HarianBisnis.id-Kemitraan usaha kini menjamur dengan beragam skema, mulai dari distribusi hingga lisensi. Tak semua memiliki kejelasan legal. Data Kementerian Perdagangan mencatat baru 165 Surat Tanda Pendaftaran Waralaba (STPW) untuk pemberi waralaba dalam negeri hingga April 2026. Angka ini terus bertambah seiring kesadaran pelaku usaha akan pentingnya legalitas, namun masih banyak yang beroperasi tanpa izin resmi.
Merespons kondisi itu, Asosiasi Franchise Indonesia (AFI) dan Dyandra Promosindo menggelar IFRA 2026. Pameran ke-25 ini berlangsung 28–30 Agustus di ICE BSD City dengan tema “Empowering the Growth of Ethical Franchising”. Penekanan ada pada standardisasi usaha yang aman, legal, dan transparan demi ekosistem kemitraan yang akuntabel dan mampu mengakselerasi pertumbuhan UMKM nasional.
Dukungan pemerintah disampaikan Direktur Bina Usaha Perdagangan Kementerian Perdagangan, Franciska Simanjuntak. Ia melihat sektor kemitraan sebagai penggerak ekonomi nasional. Rasio kewirausahaan Indonesia baru 3,29 persen, masih tertinggal dari negara tetangga. Pemerintah menargetkan pertumbuhan waralaba lokal hingga 7 persen tahun ini melalui berbagai program strategis.
Pakar waralaba Anang Sukandar menyoroti pentingnya keunikan dan sistem kuat dalam bisnis waralaba, khususnya di sektor kuliner. Indonesia memiliki kekayaan kuliner yang belum banyak digarap menjadi bisnis terstandardisasi. Menurutnya, sistem dan business format yang jelas menjadi kunci keberhasilan, apalagi sektor F&B berkontribusi 50-55 persen terhadap ekonomi di setiap negara.
Anang menegaskan bahwa waralaba adalah konsep pemasaran sekaligus strategi perluasan usaha dengan business format jelas. Indonesia punya banyak masakan yang masih bisa dikembangkan.
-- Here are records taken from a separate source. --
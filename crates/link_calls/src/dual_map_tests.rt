ghost use Rattle.std.specs.Prelude.{◌≡◌, ◌≤◌};
ghost use Rattle.map_defs.specs.Kind.{alpha, beta};
ghost use Rattle.map_defs.specs.Rows.{links_of};
ghost use Rattle.map_defs.specs.Laws.{Laws};

use dual_map::{combinatorial, dual_plan, dualable, generalized};
use link_rows::{Links, PlainEdit, polygon_edit};
use map_kind::{Alpha, Beta, Dart, Kind, Refusal, Refused};
use sewing::sew_plan;
use std::alloc::Global;
use std::process::Abort;
use std::test::Fail;

/// Makes a polygon of so many sides.
fn polygon<K: Kind, const DIM: usize>(
    rt: &impl Abort,
    alloc: Global,
    links: &mut Links<K, DIM>,
    sides: u32,
)
    requires low { 3 ≤ sides }
    requires high { sides ≤ 65536 }
    requires laws { Laws K.kind (links_of links.old.rows) }
    ensures { Laws K.kind (links_of links.new.rows) }
{
    assert!(rt; K::per_side() <= 2);
    match links.reserve(2 * sides) {
        Ok(()) => {}
        Err(_) => panic!(rt; "no room"),
    }
    match polygon_edit(alloc, links, sides) {
        Ok(edit) => links.apply(&edit),
        Err(_) => panic!(rt; "no memory"),
    }
}

/// Sews two darts that can be sewn.
fn sew<K: Kind, const DIM: usize>(
    rt: &impl Abort,
    alloc: Global,
    links: &mut Links<K, DIM>,
    link: usize,
    one: u32,
    other: u32,
)
    requires link { link ≤ DIM }
    requires laws { Laws K.kind (links_of links.old.rows) }
    ensures { Laws K.kind (links_of links.new.rows) }
{
    let one = dart(rt, one);
    let other = dart(rt, other);
    assert!(rt; links.is_live(one));
    assert!(rt; links.is_live(other));
    match sew_plan(alloc, links, link, one, other) {
        Ok(edit) => links.apply(&edit),
        Err(_) => panic!(rt; "not sewn"),
    }
}

/// Makes a cube: six squares of eight darts each, sewn along its twelve edges.
fn cube(rt: &impl Abort, alloc: Global, links: &mut Links<Alpha, 2>)
    requires { Laws alpha (links_of links.old.rows) }
    ensures { Laws alpha (links_of links.new.rows) }
{
    for _square in 0..6 {
        polygon(rt, alloc, links, 4);
    }
    sew(rt, alloc, links, 2, 1, 42);
    sew(rt, alloc, links, 2, 3, 34);
    sew(rt, alloc, links, 2, 5, 26);
    sew(rt, alloc, links, 2, 7, 18);
    sew(rt, alloc, links, 2, 9, 22);
    sew(rt, alloc, links, 2, 11, 30);
    sew(rt, alloc, links, 2, 13, 38);
    sew(rt, alloc, links, 2, 15, 46);
    sew(rt, alloc, links, 2, 19, 32);
    sew(rt, alloc, links, 2, 23, 44);
    sew(rt, alloc, links, 2, 27, 40);
    sew(rt, alloc, links, 2, 35, 48);
}

/// Makes the dual of a map that has one by its edit, and answers how many links changed.
fn apply_dual<K: Kind, const DIM: usize>(
    rt: &impl Abort,
    alloc: Global,
    links: &mut Links<K, DIM>,
) -> usize
    requires { Laws K.kind (links_of links.old.rows) }
    ensures { Laws K.kind (links_of links.new.rows) }
{
    let made = links.made();
    match dual_plan(alloc, links) {
        Ok(edit) => {
            links.apply(&edit);
            assert_eq!(rt; links.made(), made);
            edit.changes.len()
        }
        Err(_) => panic!(rt; "no dual"),
    }
}

fn dart(rt: &impl Abort, number: u32) -> Dart {
    Dart::new(number).expect(rt, "0 is no dart")
}

/// The numbers of the darts at the links of a dart.
fn row(rt: &impl Abort, links: &Links<Alpha, 2>, number: u32) -> [Option<u32>; 3] {
    let dart = dart(rt, number);
    [
        links.link(dart, 0).map(Dart::number),
        links.link(dart, 1).map(Dart::number),
        links.link(dart, 2).map(Dart::number),
    ]
}

/// The dart after a dart on the way round its face.
fn next(rt: &impl Abort, links: &Links<Alpha, 2>, dart: Dart) -> Dart {
    let end = links.link(dart, 0).expect(rt, "link 0 is free");
    links.link(end, 1).expect(rt, "link 1 is free")
}

// Three squares of the cube meet at each vertex, so each face of the dual has three sides. The dual of the dual is the cube.
#[test]
fn dual_of_a_cube_has_triangles(rt: HostRuntime) -> Result<(), Fail> {
    let alloc = rt.alloc();
    let mut links = Links::<Alpha, 2>::new(alloc);
    cube(&rt, alloc, &mut links);
    assert_eq!(&rt; row(&rt, &links, 1), [Some(2), Some(8), Some(42)]);
    assert_eq!(&rt; row(&rt, &links, 48), [Some(47), Some(41), Some(35)]);
    assert!(&rt; dualable(&links));
    assert_eq!(&rt; apply_dual(&rt, alloc, &mut links), 96);
    assert_eq!(&rt; row(&rt, &links, 1), [Some(42), Some(8), Some(2)]);
    assert_eq!(&rt; row(&rt, &links, 48), [Some(35), Some(41), Some(47)]);
    let one = dart(&rt, 1);
    let two = next(&rt, &links, one);
    let three = next(&rt, &links, two);
    assert!(&rt; one != two && one != three && two != three);
    assert_eq!(&rt; next(&rt, &links, three), one);
    assert_eq!(&rt; apply_dual(&rt, alloc, &mut links), 96);
    assert_eq!(&rt; row(&rt, &links, 1), [Some(2), Some(8), Some(42)]);
    Ok(())
}

#[test]
fn dual_of_a_cube_is_made_in_place(rt: HostRuntime) -> Result<(), Fail> {
    let alloc = rt.alloc();
    let mut links = Links::<Alpha, 2>::new(alloc);
    cube(&rt, alloc, &mut links);
    assert_eq!(&rt; generalized::take_dual(&mut links), Ok(()));
    assert_eq!(&rt; links.made(), 48);
    assert_eq!(&rt; row(&rt, &links, 1), [Some(42), Some(8), Some(2)]);
    assert_eq!(&rt; row(&rt, &links, 48), [Some(35), Some(41), Some(47)]);
    assert_eq!(&rt; generalized::take_dual(&mut links), Ok(()));
    assert_eq!(&rt; row(&rt, &links, 1), [Some(2), Some(8), Some(42)]);
    Ok(())
}

#[test]
fn a_triangle_alone_stays_as_it_is(rt: HostRuntime) -> Result<(), Fail> {
    let alloc = rt.alloc();
    let mut links = Links::<Alpha, 2>::new(alloc);
    polygon(&rt, alloc, &mut links, 3);
    assert_eq!(&rt; generalized::take_dual(&mut links), Err(Refusal::Boundary));
    assert_eq!(&rt; row(&rt, &links, 1), [Some(2), Some(6), None]);
    Ok(())
}

#[test]
fn a_triangle_alone_has_no_dual(rt: HostRuntime) -> Result<(), Fail> {
    let alloc = rt.alloc();
    let mut links = Links::<Alpha, 2>::new(alloc);
    polygon(&rt, alloc, &mut links, 3);
    assert!(&rt; !dualable(&links));
    assert!(&rt;
        matches!(
            dual_plan(alloc, &links),
            Err(Refused::Line(Refusal::Boundary))
        )
    );
    Ok(())
}

// A dart whose links are free is in the way only while it lives.
#[test]
fn dead_darts_are_not_looked_at(rt: HostRuntime) -> Result<(), Fail> {
    let alloc = rt.alloc();
    let mut links = Links::<Alpha, 2>::new(alloc);
    assert!(&rt; dualable(&links));
    assert!(&rt; links.reserve(1).is_ok());
    links.apply_plain(&PlainEdit {
        births: 1,
        deaths: Vec::new(alloc),
        changes: Vec::new(alloc),
    });
    let one = dart(&rt, 1);
    assert!(&rt; links.is_live(one));
    assert!(&rt; !dualable(&links));
    links.apply_plain(&PlainEdit {
        births: 0,
        deaths: Vec::from_slice(alloc, &[one])?,
        changes: Vec::new(alloc),
    });
    assert!(&rt; dualable(&links));
    Ok(())
}

/// Two volumes of two triangles each, which share both faces.
fn two_volumes(rt: &impl Abort, alloc: Global, links: &mut Links<Beta, 3>)
    requires { Laws beta (links_of links.old.rows) }
    ensures { Laws beta (links_of links.new.rows) }
{
    for _triangle in 0..4 {
        polygon(rt, alloc, links, 3);
    }
    sew(rt, alloc, links, 2, 1, 4);
    sew(rt, alloc, links, 2, 2, 6);
    sew(rt, alloc, links, 2, 3, 5);
    sew(rt, alloc, links, 2, 7, 10);
    sew(rt, alloc, links, 2, 8, 12);
    sew(rt, alloc, links, 2, 9, 11);
    sew(rt, alloc, links, 3, 1, 7);
    sew(rt, alloc, links, 3, 4, 10);
}

/// The numbers of the darts at the links of a dart of a combinatorial map, 0 for none.
fn directed_row(rt: &impl Abort, links: &Links<Beta, 3>, number: u32) -> [u32; 4] {
    let dart = dart(rt, number);
    [
        links.number_at(dart, 0),
        links.number_at(dart, 1),
        links.number_at(dart, 2),
        links.number_at(dart, 3),
    ]
}

// The last link alone stays. Two faces meet at each edge of the volumes, so each face of the dual has two sides.
#[test]
fn dual_of_a_combinatorial_map(rt: HostRuntime) -> Result<(), Fail> {
    let alloc = rt.alloc();
    let mut links = Links::<Beta, 3>::new(alloc);
    two_volumes(&rt, alloc, &mut links);
    assert!(&rt; dualable(&links));
    assert_eq!(&rt; apply_dual(&rt, alloc, &mut links), 36);
    assert_eq!(&rt; directed_row(&rt, &links, 1), [10, 10, 8, 7]);
    assert_eq!(&rt; directed_row(&rt, &links, 6), [9, 9, 12, 11]);
    assert_eq!(&rt; apply_dual(&rt, alloc, &mut links), 36);
    assert_eq!(&rt; directed_row(&rt, &links, 1), [3, 2, 4, 7]);
    Ok(())
}

#[test]
fn dual_of_a_combinatorial_map_is_made_in_place(rt: HostRuntime) {
    let alloc = rt.alloc();
    let mut links = Links::<Beta, 3>::new(alloc);
    two_volumes(&rt, alloc, &mut links);
    assert_eq!(&rt; combinatorial::take_dual(&mut links), Ok(()));
    assert_eq!(&rt; links.made(), 12);
    assert_eq!(&rt; directed_row(&rt, &links, 1), [10, 10, 8, 7]);
    assert_eq!(&rt; directed_row(&rt, &links, 6), [9, 9, 12, 11]);
    assert_eq!(&rt; combinatorial::take_dual(&mut links), Ok(()));
    assert_eq!(&rt; directed_row(&rt, &links, 1), [3, 2, 4, 7]);
}

/// Four triangles in dimension 8: two and two are sewn by the links 2 to 7, and link 8 leads from the one two to the other.
fn four_triangles(rt: &impl Abort, alloc: Global, links: &mut Links<Beta, 8>)
    requires { Laws beta (links_of links.old.rows) }
    ensures { Laws beta (links_of links.new.rows) }
{
    for _triangle in 0..4 {
        polygon(rt, alloc, links, 3);
    }
    sew(rt, alloc, links, 2, 1, 4);
    sew(rt, alloc, links, 2, 2, 6);
    sew(rt, alloc, links, 2, 3, 5);
    sew(rt, alloc, links, 2, 7, 10);
    sew(rt, alloc, links, 2, 8, 12);
    sew(rt, alloc, links, 2, 9, 11);
    for link in 3..8 {
        sew(rt, alloc, links, link, 1, 4);
        sew(rt, alloc, links, link, 7, 10);
    }
    sew(rt, alloc, links, 8, 1, 7);
}

#[test]
fn dual_of_dimension_8_is_made_in_place(rt: HostRuntime) -> Result<(), Fail> {
    let alloc = rt.alloc();
    let mut links = Links::<Beta, 8>::new(alloc);
    four_triangles(&rt, alloc, &mut links);
    assert_eq!(&rt; combinatorial::take_dual(&mut links), Ok(()));
    let mut row = Vec::new(alloc);
    for link in 0..9 {
        row.push(links.number_at(dart(&rt, 2), link))?;
    }
    assert_eq!(&rt;
        row.as_slice(),
        [11, 11, 11, 11, 11, 11, 11, 7, 9].as_slice()
    );
    Ok(())
}

// All links of a square are there, and it is sewn to itself by link 3: in the dual, link 2 would join each dart to itself.
#[test]
fn a_combinatorial_map_without_free_links_may_have_no_dual(rt: HostRuntime) -> Result<(), Fail> {
    let alloc = rt.alloc();
    let mut links = Links::<Beta, 3>::new(alloc);
    polygon(&rt, alloc, &mut links, 4);
    sew(&rt, alloc, &mut links, 2, 1, 2);
    sew(&rt, alloc, &mut links, 2, 3, 4);
    sew(&rt, alloc, &mut links, 3, 1, 4);
    assert_eq!(&rt; directed_row(&rt, &links, 1), [4, 2, 2, 4]);
    assert_eq!(&rt; directed_row(&rt, &links, 3), [2, 4, 4, 2]);
    assert!(&rt; !dualable(&links));
    assert_eq!(&rt;
        combinatorial::take_dual(&mut links),
        Err(Refusal::Boundary)
    );
    assert!(&rt;
        matches!(
            dual_plan(alloc, &links),
            Err(Refused::Line(Refusal::Boundary))
        )
    );
    Ok(())
}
Namun, usaha-asalan tanpa sistem kuat sangat disayangkan. Keunggulan dan keunikan yang tidak mudah ditiru orang lain menjadi kunci. Indonesia berpeluang besar mengembangkan ini dengan dukungan semua pihak.
IFRA 2026 dirancang dengan skala lebih besar mengakomodasi pertumbuhan minat masyarakat terhadap bisnis kemitraan. Dyandra Promosindo memastikan pameran ini hadir dengan cakupan peserta dan pengunjung lebih luas dari edisi sebelumnya. Tujuannya mempertemukan lebih banyak pelaku usaha dengan calon mitra potensial secara langsung dan efektif.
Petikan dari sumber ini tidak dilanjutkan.